A groundbreaking technology is quietly emerging in the field of artificial intelligence. Recently, Inception Labs announced the launch of the Mercury series of diffusion large language models (dLLMs), a new generation of language models designed for fast, efficient, and high-quality text generation. Compared to traditional autoregressive large language models, Mercury boasts up to a 10x speed improvement, achieving over 1000 tokens per second on an NVIDIA H100 GPU – a speed previously only achievable with custom chips.
The first product in the Mercury series, Mercury Coder, has already debuted in public testing. This model focuses on code generation and demonstrates exceptional performance, surpassing many existing speed-optimized models like GPT-4o Mini and Claude3.5Haiku in multiple programming benchmarks, while also being nearly 10 times faster. Developer feedback indicates that Mercury's code completion is highly favored; in Copilot Arena testing, Mercury Coder Mini ranked among the top performers and was one of the fastest models.
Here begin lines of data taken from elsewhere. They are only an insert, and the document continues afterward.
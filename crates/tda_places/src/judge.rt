// What a row of the file of measurements says, or what is wrong with it.
ghost use Rattle.std.specs.Prelude.{◌≡◌, ◌+◌, ◌≤◌, ◌<◌, ℕ, None, Some, length, take, IfErr, IfOk, IfSome};
ghost use Rattle.std.specs.Fmt.{decimal};
ghost use Rattle.std.specs.Str.{bytes_eq};
ghost use Rattle.tda_io.specs.Csv.{same_row};
ghost use Rattle.tda_places.specs.Measurements as spec;
ghost use Rattle.tda_places.specs.Measurements.{number_of, place_fields, IsWithinLimit};
ghost use Rattle.tda_places.specs.Places.{places_of};
ghost use Rattle.tda_places.specs.Spots.{place_of, StandsAt};

use crate::MeaFault;
use crate::spot::{self, Spot, next_spot};
use tda_io::{RowReader, read_int};
use tda_schema::Schema;
use tda_spine::Spine;

// How far from 0 a measurement may be.
const LIMIT: u128 = 1 << 31;

// A measurement, and where its place stands.
#[derive(Clone, Copy, Debug, PartialEq, Eq)]
pub(crate) struct Measured {
    pub(crate) spot: Spot,
    pub(crate) value: i64,
}

// The number within the limit that a text is the canonical decimal of.
fn measurement_named(text: &[u8]) -> Option<i64>
    ensures value { result ≡ spec.measurement_named text.now }
    ensures limit { IfSome result IsWithinLimit }
{
    let number = read_int(text)?;
    if number.unsigned_abs() <= LIMIT {
        Some(number as i64)
    } else {
        None
    }
}

// Whether a text is the canonical decimal of a number.
fn is_decimal(text: &[u8], number: u32) -> bool
    ensures { result ≡ bytes_eq (decimal number) text.now }
{
    read_int(text) == Some(i128::from(number))
}

// Whether the row that was read last names the place that stands there.
fn names_place(schema: &Schema, spine: &Spine, spot: Spot, row: &RowReader) -> bool
    requires belong { spine.now.depth ≡ length schema.now.levels }
    requires at { (index : ℕ) × StandsAt schema.now spine.now index spot }
    requires width { length row.now.row ≡ 4 }
    ensures { result ≡ same_row (place_fields schema.now spine.now (place_of schema.now spine.now spot)) (take 3 row.now.row) }
{
    let place = spot::place_of(schema, spine, spot);
    if spine.code(place.unit).as_bytes() != row.field(0) {
        return false;
    }
    if schema.query_name(spot.level, spot.query).as_bytes() != row.field(1) {
        return false;
    }
    is_decimal(row.field(2), place.class)
}

/// What the row that was read last says of the place at its index, or its fault; `last` is where the place before stands.
pub(crate) fn judge(
    schema: &Schema,
    spine: &Spine,
    index: u64,
    count: u64,
    last: Option<Spot>,
    row: &RowReader,
) -> Result<Measured, MeaFault>
    requires belong { spine.now.depth ≡ length schema.now.levels }
    requires number { row.now.number ≡ index + 2 }
    requires count { count ≡ length (places_of schema.now spine.now) }
    requires last { IfSome last (λ spot. (before : ℕ) × (before + 1 ≡ index) × StandsAt schema.now spine.now before spot) }
    requires width { length row.now.row ≡ 4 }
    ensures ok { IfOk result (λ m. m.value ≡ number_of row.now.row) }
    ensures limit { IfOk result (λ m. IsWithinLimit m.value) }
    ensures at { IfOk result (λ m. StandsAt schema.now spine.now index m.spot) }
    ensures fine { IfOk result (λ _. spec.row_fault schema.now spine.now index row.now.row ≡ None) }
    ensures err { IfErr result (λ f. spec.row_fault schema.now spine.now index row.now.row ≡ Some f) }
{
    let number = row.number();
    let value = measurement_named(row.field(3));
    if index >= count {
        return Err(match value {
            Some(_) => MeaFault::TooMany(number),
            None => MeaFault::BadNumber(number),
        });
    }
    let spot = next_spot(schema, spine, index, last);
    if !names_place(schema, spine, spot, row) {
        return Err(MeaFault::WrongPlace(number));
    }
    match value {
        Some(value) => Ok(Measured { spot, value }),
        None => Err(MeaFault::BadNumber(number)),
    }
}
Current language models mostly employ an autoregressive approach, generating tokens sequentially from left to right. This inherently sequential process leads to higher latency and computational costs. Mercury, however, utilizes a "coarse-to-fine" generation method, starting from pure noise and iteratively refining the output through several "denoising" steps. This allows the Mercury model to perform parallel processing of multiple tokens during generation, resulting in improved reasoning and structured response capabilities.
With the launch of the Mercury series, Inception Labs showcases the immense potential of diffusion models in text and code generation. The company plans to introduce language models for chat applications next, further expanding the application scenarios of diffusion language models. These new models will feature enhanced intelligent agent capabilities, enabling complex planning and long-form generation. Their efficiency also allows them to run smoothly on resource-constrained devices such as smartphones and laptops.
Overall, the introduction of Mercury marks a significant advancement in AI technology, offering substantial improvements in speed and efficiency, while also providing higher-quality solutions for the industry.
Official introduction: https://www.inceptionlabs.ai/news
Online experience: https://chat.inceptionlabs.ai/
Key Highlights:
🌟 Launch of the Mercury series of diffusion large language models (dLLMs), achieving generation speeds of over 1000 tokens per second.
🚀 Mercury Coder excels in code generation, outperforming numerous existing models in benchmark tests.
💡 The innovative approach of diffusion models makes text generation more efficient and accurate, opening new possibilities for intelligent agent applications.